Eat and drink properly
Your running diet should consist of plenty of protein carbs and healthy fats. Salmon is the superfood of runners, and adding some leafy green veg to the side is the perfect choice for dinner.
Don’t forget to keep hydrated, and not just before you are about to run. Make sure you drink enough water throughout the day as well as before, during and after your run.
Read: Can You Eat Too Much Protein?
Improve your running form
You might think you know how to run, but get someone to take a video of you when you run and you might change your mind.
Go for some slow exaggerated running sessions where you concentrate on where you place your arms and legs when running.
Give yourself time to recover
We get it, you want to put the work in, but your muscles aren’t going to develop without sufficient rest.
Allow for a proper rest day or two between hard sessions and include easy runs in your training plan to promote recovery and prevent burnout.
Take supplements
A supplement is a great way to ensure you're getting all of the necessary nutrients into your system to cope with the demands of running.
Yes, your main source should come from whole foods, but taking a supplement will give you extra resources to pull from if you need them.
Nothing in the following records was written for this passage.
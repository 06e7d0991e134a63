//! Authenticated SENDMEs (proposal 289).

ghost use Rattle.std.specs.Prelude.{◌≡◌, ◌≤◌, IfOk, length, take};
ghost use Rattle.tor_spec.specs.Sendme.{needs_no_proof, sendme_proof};
ghost use Rattle.circuit_model.specs.Packaged.{own_bodies, back_digest};
ghost use Rattle.circuit_model.specs.SendmeProof.{up_to_data, proves, is_right_sendme};
ghost use Rattle.plain_circuit.specs.Values.{log_of, rules_of};

use crate::log::Entry;
use crate::opened::{born_keys, digest_of};
use crate::packaged::own_bodies;
use crate::rules::Rules;
use crate::windows::{CIRCUIT_STEP, good_sendmes, packed};
use relay_cell::{command, is_version_0, read_proof};
use std::alloc::{AllocError, Global};

/// How many of these bodies stand up to and with the DATA with this number, counted from 1.
#[tactic(auto, unfolding(tor_spec::specs::RelayCell::relay_head))]
fn end_of_data(bodies: &[[u8; 509]], n: u128) -> usize
    ensures prefix { take result bodies.now ≡ up_to_data n bodies.now }
    ensures bound { result ≤ length bodies.now }
{
    let Some((body, rest)) = bodies.split_first() else {
        return 0;
    };
    if body[0] != command::DATA {
        return end_of_data(rest, n) + 1;
    }
    if n <= 1 {
        1
    } else {
        end_of_data(rest, n - 1) + 1
    }
}

/// The backward running digest after the packaged DATA with this number.
fn digest_up_to(alloc: Global, log: &[Entry<'_>], n: u128) -> Result<[u8; 20], AllocError>
    ensures { IfOk result (λ digest. digest ≡ back_digest (log_of log.now) (up_to_data n (own_bodies (log_of log.now)))) }
{
    let bodies = own_bodies(alloc, log)?;
    let end = end_of_data(&bodies, n);
    Ok(digest_of(&born_keys(log).db, &bodies[..end]))
}

/// Whether a payload carries this proof.
fn proves(owed_proof: &[u8; 20], payload: &[u8]) -> bool
    ensures { result ≡ proves owed_proof.now (sendme_proof payload.now) }
{
    match read_proof(payload) {
        Some(proof) => proof == *owed_proof,
        None => false,
    }
}

/// Whether a circuit SENDME is right: the DATA that it would acknowledge was packaged, and it carries
/// the proof of it or needs none by the rules.
#[tactic(auto, unfolding(circuit_model::specs::SendmeProof::is_right_sendme, circuit_model::specs::SendmeProof::proof_owed))]
pub fn is_right_sendme(
    alloc: Global,
    rules: &Rules,
    log: &[Entry<'_>],
    payload: &[u8],
) -> Result<bool, AllocError>
    ensures { IfOk result (λ right. right ≡ is_right_sendme (rules_of rules.now) (log_of log.now) payload.now) }
{
    let next = CIRCUIT_STEP * (good_sendmes(log) as u128 + 1);
    let owed_proof = digest_up_to(alloc, log, next)?;
    let is_packaged = next <= packed(log) as u128;
    let is_proved = needs_no_proof(rules, payload) || proves(&owed_proof, payload);
    Ok(is_packaged && is_proved)
}

/// Whether a payload needs no proof by the rules.
fn needs_no_proof(rules: &Rules, payload: &[u8]) -> bool
    ensures { result ≡ needs_no_proof (rules_of rules.now).least payload.now }
{
    rules.least == 0 && is_version_0(payload)
}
Ideally, you should go for some creatine for energy, protein for muscle-building and recovery, and a pre-workout for those tough speed sessions.
Read: The Ultimate Guide To Creatine
How can Crazy Nutrition help?
Crazy Nutrition’s Ultimate Fitness Stack is designed to boost your athletic performance, and improve focus and energy.
Creatine: Perfect for sprinting sessions when you need that extra kick
Pre-train: A pre-workout that will get you ready to push hard
Tri-protein: For energy release, muscle building, and speeding up recovery.
It’s the perfect support for your running, to help you power to the next level. Go get some.
FAQs
Should you run immediately after warming up?
A warm-up will get your body in a “ready” state for the physical activity you have planned. So you can allow a few minutes to pass before running if you’ve warmed up well.
What is the purpose of a warm-up?
The warm-up prepares your body for hard physical activity and allows your heart rate to rise and pump oxygen around your system to get your body in a state of readiness.
Without a warm up, your body will be shocked into action and this can lead to premature fatigue or injury.